When interacting with the third-party character-based menu/form application, there were times when "send" (which adds a carriage-return) wasn't the right tool. So, I added the Press command -- "#" (number , pound) -- which is designed to send keystrokes (with no carriage-return). The most common use is to define a keystroke and then send it with the Press (#) command. The Define command -- "%" (percent) -- is used to define a "known string" (typically a keystroke or other short sequence). Known strings may also be provided to the CommScript constructor, this allows sharing the strings among several instances of CommScript.
As my scripts became more complex, I realized that the Success ($) command was not flexible enough; it returns only zero (0) for success; I needed to return other values that might mean partial success, or at least not complete failure.
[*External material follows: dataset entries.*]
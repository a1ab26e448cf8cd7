//! The calls about block acknowledgement agreements (IEEE 802.11-2012, 10.5).

ghost use Rattle.std.specs.Prelude.{◌≡◌};
ghost use Rattle.wf_frame.specs.declared.notes.Ask.TheVariants.{Plain, Hold, Begin, Free, Cease};
ghost use Rattle.wf_path.specs.Paths.{IsAnsweredBriefly};

use crate::Path;
use wf_frame::Brief;

impl Path {
    // Makes a station join without agreements.
    pub(crate) fn plain(&mut self, station: u16, start: u16, exponent: u8, weight: u8) -> Brief
        ensures { IsAnsweredBriefly self.old (Plain station start exponent weight) self.new result }
    {
        match self.half.plain(station, start, exponent, weight) {
            Ok(()) => Brief::Joined,
            Err(reason) => Brief::Refused(reason),
        }
    }

    // Gives no frame of a TID a number from now on.
    pub(crate) fn hold(&mut self, station: u16, tid: u8) -> Brief
        ensures { IsAnsweredBriefly self.old (Hold station tid) self.new result }
    {
        match self.half.hold(station, tid) {
            Ok(start) => Brief::Held { start },
            Err(reason) => Brief::Refused(reason),
        }
    }

    // Begins the agreement of a TID that is held.
    pub(crate) fn begin(&mut self, station: u16, tid: u8, window: u16) -> Brief
        ensures { IsAnsweredBriefly self.old (Begin station tid window) self.new result }
    {
        match self.half.begin(station, tid, window) {
            Ok(()) => Brief::Begun,
            Err(reason) => Brief::Refused(reason),
        }
    }

    // Lets a TID that is held send its frames one at a time.
    pub(crate) fn free(&mut self, station: u16, tid: u8) -> Brief
        ensures { IsAnsweredBriefly self.old (Free station tid) self.new result }
    {
        match self.half.free(station, tid) {
            Ok(()) => Brief::Freed,
            Err(reason) => Brief::Refused(reason),
        }
    }

    // Ends the agreement of a TID.
    pub(crate) fn cease(&mut self, station: u16, tid: u8) -> Brief
        ensures { IsAnsweredBriefly self.old (Cease station tid) self.new result }
    {
        match self.half.cease(station, tid) {
            Ok(dropped) => Brief::Ceased { dropped },
            Err(reason) => Brief::Refused(reason),
        }
    }
}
The result is the Error command -- "!" (exclamation point) -- which pretty much makes the Success ($) command obsolete.
Miscellaneous commands:
- It also seemed like including code stored in other files might be a good idea, so I added the Include command -- "&" (ampersand).
- And, the ability to store (log) output in a file can be useful in some cases, so I added the Log command -- "|" (vertical bar, pipe) -- as well.
Many of the commands also make use of the "=" (equal sign) to separate operands of the command. The telnets.html file included in the zip has more information on the script language.
Still with me?
I'm sure that lots of readers would have already skipped to the bottom to 1-vote the language; thanks for staying. However, as I said, the language has evolved. Because I now use a Regular Expression and an EnumTransmogrifier[^] to split and parse the command, you can now use command names (not case-sensitive) rather than the symbols, or mix them together. If the command has operands, there must be a whitespace character after the command name.
Operation
The Operation enumeration contains the names and symbols for the commands.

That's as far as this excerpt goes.